Crank no start and fuse number thirteen keeps blowing

A simple trick to finding a short is to replace the blown fuse with a pair of spade terminals, then use small jumper wires to connect them to a twelve volt light bulb. A brake light bulb works well. When the circuit is live and the short is present, the bulb will be full brightness and hot so be sure it is not laying on the carpet or against a plastic door panel. Now you can unplug electrical connectors and move things around to see what makes the short go away. When it does, the bulb will get dim or go out.

Where I would start is by removing the MFI relay, then seeing if another fuse 13 blows. If it does not, this trick will work better if you pop in a new fuse, then use the light bulb to replace the relay. Alternately, if you have my test bulb in place of the fuse, and the short is present, you should see the bulb light up for one second when you turn on the ignition switch, then it will go off. It should turn on again during cranking. Those are the two times the MFI relay turns on. That means to do any moving or unplugging of parts, you have to do that while a helper is cranking the engine. Not very practical.

Instead, if you use the bulb to bypass the relay, it will power up the circuit without even needing to turn on the ignition switch, and the bulb will limit current to a safe level. If you have the 1"-cube relays, use terminals 30 and 87. If you have the smaller relays, use the two with the arrows.

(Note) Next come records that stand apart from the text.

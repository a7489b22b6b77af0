//! What is drawn of an analysis: its worst walk.

ghost use Rattle.std.specs.Prelude.{◌≡◌, IfOk};
ghost use Rattle.bound_scan.specs.AnalysisOf.{bound_of};
ghost use Rattle.picture_scene.specs.declared.walk.Kind.TheVariants.{Worst};

use crate::hops::Hops;
use base_notes::Times;
use bound_scan::Analysis;
use picture_scene::{Braces, Edges, Kind, Scene, Shares, Tallies, Walk};
use read_decks::Deck;
use std::alloc::{AllocError, Global};

/// What is drawn of an analysis of a deck and a timing table, with the shares of its walk.
pub fn of_analysis(
    alloc: Global,
    analysis: &Analysis,
    shares: Shares,
    deck: &Deck,
    times: &Times,
) -> Result<Scene, AllocError>
    ensures kind { IfOk result (λ scene. scene.walk.kind ≡ Worst) }
    ensures time { IfOk result (λ scene. scene.walk.time ≡ bound_of analysis.now) }
    ensures shares { IfOk result (λ scene. scene.shares ≡ shares) }
{
    let walk = Walk {
        kind: Kind::Worst,
        angle: u64::from(analysis.angle()),
        time: u128::from(analysis.bound()),
    };
    let hops = Hops {
        visits: analysis.walk(),
        angle: walk.angle,
        times,
    };
    let mut tallies = Tallies::new(alloc)?;
    hops.count(&mut tallies);
    for worst in analysis.table() {
        tallies.note_executed(worst.place);
    }
    tallies.note_loaded(deck);
    let (rows, extent) = hops.rows(alloc, walk, &tallies)?;
    Ok(Scene {
        walk,
        tallies,
        edges: Edges::of_visits(alloc, hops.visits)?,
        shares,
        rows,
        extent,
        braces: Braces::new(alloc),
    })
}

Nope. A short is an electrical issue. A wire is touching a grounded metal part or an electrical part inside the motor, in this case, is touching the metal housing.

What can happen is the fan motor develops tight bearings. That motor is not shorted, but without going into the electrical theory at this time, that will cause the motor to draw much higher current than normal. Typically a fuse for a motor circuit will be large enough to not blow during this higher start-up current. To back up for a moment, a typical fan motor might draw ten amps while it is running, but the instant it gets turned on and it is not yet up to speed, it might draw twenty amps for that one or two seconds. That is normal and acceptable. That is why when it is protected by a fuse, that has to be at least a twenty five amp fuse, to handle the start-up current without nuisance-blowing, and a little safety margin.

A lot of older vehicles used fuse link wires spliced into the wiring harness instead of regular fuses. Those were much harder to replace, but it was rare to have to do so. Those take time to burn open, just like a delayed-action fuse, so they are sized for the expected current the motor is going to draw while it is running. The higher start-up current does not last long enough to burn that link open, ... Until you have tight bearings. Then the motor runs too slowly and draws a constant current that is high enough to blow a fuse link wire.

For your story, the fan should spin freely by hand, and for multiple revolutions. If it stops as soon as you let go of it, suspect the bearings are tight.

Due to the relatively high current motors normally draw, my light bulb trick is not very effective when using a small brake light bulb. That bulb will only allow a maximum of one amp to flow. That is not enough to run the motor, but the motor is enough of a load to falsely make it look like there is a short in that circuit. When this is the case, substitute a head lamp bulb instead. A low-beam filament will allow about five amps of current to flow through the circuit. That might be enough for the engine to run as long as the fan does not turn on. If you wire in two head lamp bulbs in parallel, they will let up to ten amps flow. If the short suddenly shows up, the engine will stall, and the two bulbs will just be full, normal brightness, and the ten amps will not be high enough to damage the wiring.